**TASK REQUIREMENTS:** Print exactly the lines from the line with "result ≡ segment_name" to the last line of the data, please, both included.

Dataset items:
Content starts
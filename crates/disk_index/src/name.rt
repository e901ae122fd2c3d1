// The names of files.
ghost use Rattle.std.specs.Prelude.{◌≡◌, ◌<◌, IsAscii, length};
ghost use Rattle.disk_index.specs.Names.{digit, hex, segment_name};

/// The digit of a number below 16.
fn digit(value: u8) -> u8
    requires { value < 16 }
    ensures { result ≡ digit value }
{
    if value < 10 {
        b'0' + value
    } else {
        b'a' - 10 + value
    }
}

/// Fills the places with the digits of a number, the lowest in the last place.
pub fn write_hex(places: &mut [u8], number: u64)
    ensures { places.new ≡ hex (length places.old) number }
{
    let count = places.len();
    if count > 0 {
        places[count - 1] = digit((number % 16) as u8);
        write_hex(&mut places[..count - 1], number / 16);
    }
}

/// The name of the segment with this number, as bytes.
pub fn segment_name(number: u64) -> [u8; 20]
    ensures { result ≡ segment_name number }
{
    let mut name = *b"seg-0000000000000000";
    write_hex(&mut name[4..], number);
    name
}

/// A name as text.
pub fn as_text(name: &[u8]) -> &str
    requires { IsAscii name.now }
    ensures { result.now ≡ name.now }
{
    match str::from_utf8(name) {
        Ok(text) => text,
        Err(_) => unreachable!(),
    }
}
Content ends
**YOUR RESPONSE:**
    ensures { result ≡ segment_name number }
{
    let mut name = *b"seg-0000000000000000";
    write_hex(&mut name[4..], number);
    name
}

/// A name as text.
pub fn as_text(name: &[u8]) -> &str
    requires { IsAscii name.now }
    ensures { result.now ≡ name.now }
{
    match str::from_utf8(name) {
        Ok(text) => text,
        Err(_) => unreachable!(),
    }
}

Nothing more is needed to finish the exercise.